Non di tutte le persone mi ricordo con precisione il momento in cui le ho conosciute.
Con Irene invece mi càpita, ed è quasi buffo (lei di sicuro ne riderebbe) che si trattasse di un importante funerale, il primo di altri tre in cui la sua figura si staglia nel mio ricordo.

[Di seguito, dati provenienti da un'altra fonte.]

// The working words, which remember the answers at pairs of cells while one operation runs, and are zero between operations.
// What writes takes the bare words, for the reason that `pool` of `cells` gives.
ghost use Rattle.std.specs.Prelude.{◌≡◌, ◌+◌, ◌*◌, ◌<◌, ◌≤◌, length, IfSome};
ghost use Rattle.operations.specs.Ops.{meaning};
ghost use Rattle.cells.specs.Words.{count, Correct, Remembers, slot, remembered, Swept};

use cells::layout::{CELLS, PAIRS, WORKING};
use cells::questions::Cells;
use stores::connective::Connective;

// The key of two cells is the first times this, and the second.
const KEY: u32 = 65_536;

// The pair of words for an operation on two cells.
fn pair(a: u32, b: u32) -> usize
    ensures { result ≡ 66 + 2 * slot a b }
{
    WORKING + 2 * ((a as usize + 3 * b as usize) % PAIRS)
}

// What is remembered of an operation on two cells.
pub(crate) fn recall(cells: &Cells<'_>, op: Connective, a: u32, b: u32) -> Option<u32>
    requires remembers { Remembers (meaning op) cells.now.words.now }
    requires a { (a < count cells.now.words.now) × (0 < a) }
    requires b { b < count cells.now.words.now }
    ensures { IfSome result (λ x. Correct (meaning op) cells.now.words.now a b x) }
{
    let place = pair(a, b);
    if cells.words[place] == a * KEY + b {
        Some(cells.words[place + 1])
    } else {
        None
    }
}

// Remembers the answer of an operation on two cells.
pub(crate) fn remember(words: &mut [u32], a: u32, b: u32, r: u32)
    requires room { 1090 ≤ length words.old }
    requires small { (a < 65536) × (b < 65536) }
    ensures { words.new ≡ remembered words.old a b r }
{
    let place = pair(a, b);
    words[place] = a * KEY + b;
    words[place + 1] = r;
}

// Zeroes the working words.
pub(crate) fn sweep(words: &mut [u32])
    requires { 1090 ≤ length words.old }
    ensures { Swept words.old words.new }
{
    words[WORKING..CELLS].fill(0);
}

// The words of a store while an operation runs: on every way out the working words are zero again.
pub(crate) struct Working<'a> {
    pub(crate) words: &'a mut [u32],
}

impl Drop for Working<'_> {
    fn drop(self)
        requires { 1090 ≤ length self.words.now }
        ensures { Swept self.entry.words.now self.exit.0.now }
    {
        let Working { words } = self;
        sweep(words);
    }
}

Quella volta stava parlando fitto fitto con un mio amico, su un pianerottolo di un importante palazzo di Torino, lo stesso in cui poi l’avrei vista mille altre volte e in cui l’avrei scoperta – o meglio, riconosciuta – amica. L’impressione che ne ho sempre avuta è stata quella di una «ragazza dell’editoria» e ora non vorrei che questo apparisse come una diminutio: almeno allora ragazza lo era davvero, e del resto ragazzo all’epoca lo ero anche io. Lei, però, poi lo sarebbe rimasta, non certo dal punto di vista della professione (vi è stata senior da subito) ma dal punto di vista di uno spirito che riconosce l’autorità dell’istituzione ma anche il proprio diritto di torcerle il naso. Le volte che si è riso delle debolezze che emergevano (e, prime fra tutte, le mie) dove stava l’istituzione e dove la propria personale e irriducibile anarchia? E una casa editrice ha più bisogno di yes-boys e yes-girls o di persone che sanno stare dentro e fuori, non per ipocrisia ma per saggezza e capacità di fare quella fatica di entrare e uscire ogni momento da qualsiasi schema?
Ne scrivo, ora mi accorgo, senza aver ancora detto che Irene Babboni è stata una funzionaria di Einaudi, traduttrice di Georges Perec e di Patrick Modiano, editor di Antonio Delfini, allieva di Cesare Garboli (uno dei funerali di cui parlavo, a Santa Maria del Popolo, Roma, 2004), curatrice dei Saggi Einaudi (la celebre collana «arancione») e con Andrea Canobbio inventrice e animatrice della collana «Frontiere», dedicata alle scritture che nei nostri anni hanno eroso la barriera tra letteratura e saggistica, tra fiction e non-fiction.
Chissà quanti suoi titoli ora non ricordo, e magari non ricordo perché non li conosco. Me ne scuso, il lettore avrebbe diritto a obituaries ben informati e capaci di perimetrare l’entità di una perdita. Ma quando si parla di qualità si va in territori invece molto impalpabili: territori in cui l’importanza di un’osservazione fatta nel momento giusto, la casualità di un controllo editoriale non dovuto ma fatto un attimo prima che fosse irrimediabilmente tardi, la pazienza e l’acume, le mille cose di cui poi alla fine sono fatte le lacrime non riescono proprio a trovare il correlativo oggettivo che le sappia presentare a chi non ne avrebbe mai saputo nulla, di una come Irene.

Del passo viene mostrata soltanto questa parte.